Le nom d’Hippocrate a été très commun en Grèce. Il ne faut confondre avec le médecin de Cos, ni l’Hippocrate dont les enfants servirent de but aux railleries d’Aristophane, dans les Nuées, et d’Eupolis dans les Tribus ; ni l’Hippocrate contre lequel l’orateur Antiphon prononça un discours[3] ; ni Hippocrate de Chios, mathématicien célèbre qui, le premier, parvint à carrer une portion de cercle (ménisque ou lunule).

Le témoignage contemporain de Platon, sinon d’Aristophane, suffit pour nous donner la certitude de l’existence d’Hippocrate, pour fixer son époque, et pour nous faire juger de sa réputation ; mais il se tait sur tout le reste. Interrogeons ses biographes. Outre des fragments disséminés dans différents auteurs, nous avons trois biographies d’Hippocrate : l’une qui porte le nom de Soranus, et qui sans doute est un extrait de celle de Soranus d’Éphèse ; l’autre se trouve dans Suidas ; et la troisième dans Tzetzès[4]. Ces écrivains, qui par eux-mêmes n’ont aucune autorité, ont puisé leurs renseignements dans des écrivains antérieurs. Ce sont Ératosthène, Phérécyde, Apollodore, Arius de Tarse, Soranus de Cos, Histomaque et Andréas. Il importe d’examiner quelle foi ils méritent.

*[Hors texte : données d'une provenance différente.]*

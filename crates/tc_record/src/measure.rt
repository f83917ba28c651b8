//! How long the columns of a document's record are, added up without memory.

ghost use Rattle.std.specs.Prelude.{◌≡◌, map, Some, None};
ghost use Rattle.tc_model.specs.Tree.{items_of, members_of};
ghost use Rattle.tc_model.specs.Document.{null, boolean, integer, text, AreItemsOf, AreMembersOf, IsDocument, IsScalar};
ghost use Rattle.tc_record.specs.Preorder.{scalar, array_opened, object_opened, closed, preorder, items_preorder, members_preorder};
ghost use Rattle.tc_value.specs.Meaning.{tree_of, member_of};
ghost use Rattle.tc_record.specs.Measured.{sum_within, with_element, with_label, with_piece, measured, nothing_measured};

use tc_value::{Doc, Member};

/// Texts or names: how many, the longest, and all their bytes.
#[derive(Clone, Copy)]
pub(crate) struct ColumnSum {
    pub(crate) count: u64,
    pub(crate) greatest: u64,
    pub(crate) bytes: u64,
}

/// What the columns add up to. A count stands still at the end of its type.
#[derive(Clone, Copy)]
pub(crate) struct Measure {
    pub(crate) tags: u64,
    pub(crate) fixed: u64,
    pub(crate) texts: ColumnSum,
    pub(crate) names: ColumnSum,
}

/// The columns of a whole document. The walk shows that the document is lawful.
pub(crate) fn measure_document(doc: &Doc) -> Measure
    ensures measured { result ≡ measured nothing_measured (preorder None (tree_of doc.now)) }
    ensures lawful { IsDocument (tree_of doc.now) }
{
    let none = ColumnSum {
        count: 0,
        greatest: 0,
        bytes: 0,
    };
    let start = Measure {
        tags: 0,
        fixed: 0,
        texts: none,
        names: none,
    };
    with_value(doc, start)
}

fn with_length(column: ColumnSum, len: usize) -> ColumnSum
    ensures { result ≡ with_element column len }
{
    ColumnSum {
        count: column.count.saturating_add(1),
        greatest: column.greatest.max(len as u64),
        bytes: column.bytes.saturating_add(len as u64),
    }
}

fn with_tag(so_far: Measure, fixed: u64) -> Measure
    ensures { result ≡ record so_far { tags = sum_within so_far.tags 1; fixed = sum_within so_far.fixed fixed } }
{
    Measure {
        tags: so_far.tags.saturating_add(1),
        fixed: so_far.fixed.saturating_add(fixed),
        texts: so_far.texts,
        names: so_far.names,
    }
}

fn with_text(so_far: Measure, len: usize) -> Measure
    ensures { result ≡ record so_far { tags = sum_within so_far.tags 1; fixed = sum_within so_far.fixed 0; texts = with_element so_far.texts len } }
{
    let mut measure = with_tag(so_far, 0);
    measure.texts = with_length(so_far.texts, len);
    measure
}

fn with_name(so_far: Measure, len: usize) -> Measure
    ensures { result ≡ record so_far { names = with_element so_far.names len } }
{
    let mut measure = so_far;
    measure.names = with_length(so_far.names, len);
    measure
}

// Built into the two loops below, which take a call for each array and each object: most values are scalars, and a call for
// each of those would move all sums through memory.
#[inline(always)]
#[cycle(measure)]
fn with_value(doc: &Doc, so_far: Measure) -> Measure
    ensures measured { result ≡ measured so_far (preorder None (tree_of doc.now)) }
    ensures lawful { IsDocument (tree_of doc.now) }
{
    match doc {
        Doc::Null => with_tag(so_far, 0),
        Doc::Bool(_) => with_tag(so_far, 1),
        Doc::Int(value) => {
            let _value = *value;
            with_tag(so_far, 8)
        }
        Doc::Text(text) => with_text(so_far, text.as_str().len()),
        Doc::Array(items) => with_tag(with_items(items.as_slice(), with_tag(so_far, 0)), 0),
        Doc::Object(members) => {
            with_tag(with_members(members.as_slice(), with_tag(so_far, 0)), 0)
        }
    }
}

#[inline(never)]
#[cycle(measure)]
fn with_items(items: &[Doc], so_far: Measure) -> Measure
    ensures measured { result ≡ measured so_far (items_preorder (items_of (map tree_of items.now))) }
    ensures lawful { AreItemsOf IsScalar (items_of (map tree_of items.now)) }
{
    let mut measure = so_far;
    for item in items {
        measure = with_value(item, measure);
    }
    measure
}

#[inline(never)]
#[cycle(measure)]
fn with_members(members: &[Member], so_far: Measure) -> Measure
    ensures measured { result ≡ measured so_far (members_preorder (members_of (map member_of members.now))) }
    ensures lawful { AreMembersOf IsScalar (members_of (map member_of members.now)) }
{
    let mut measure = so_far;
    for member in members {
        measure = with_value(
            &member.value,
            with_name(measure, member.name.as_str().len()),
        );
    }
    measure
}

Ératosthène, Phérécyde, Apollodore et Arius de Tarse avaient écrit sur la généalogie des asclépiades. Ce Phérécyde est tout à fait inconnu ; on n’en trouve pas mention ailleurs que dans la biographie d’Hippocrate ; Arius de Tarse l’est également, à moins que ce ne soit celui dont Galien parle en divers endroits[5] ; mais, dans ce cas, il serait très postérieur aux faits qu’il raconta. Apollodore a vécu vers le milieu du deuxième siècle avant J.-C. C’est donc encore une autorité tout à fait incompétente. Ératosthène mérite beaucoup plus d’attention ; c’était un savant astronome qui fleurit à Alexandrie vers l’an 260 avant J.-C., environ deux cents ans après Hippocrate. Ses recherches, qui ont embrassé la chronologie, ne paraissent pas avoir eu d’autre objet, touchant le médecin de Cos, que sa généalogie. Sur ce point elles sont dignes de beaucoup de confance, au moins dans ce qui est relatif à l’époque de la naissance d’Hippocrate. Car il était astronome, chronologiste, et trouvait, à la grande bibliothèque d’Alexandrie, une foule de documents depuis long-temps anéantis.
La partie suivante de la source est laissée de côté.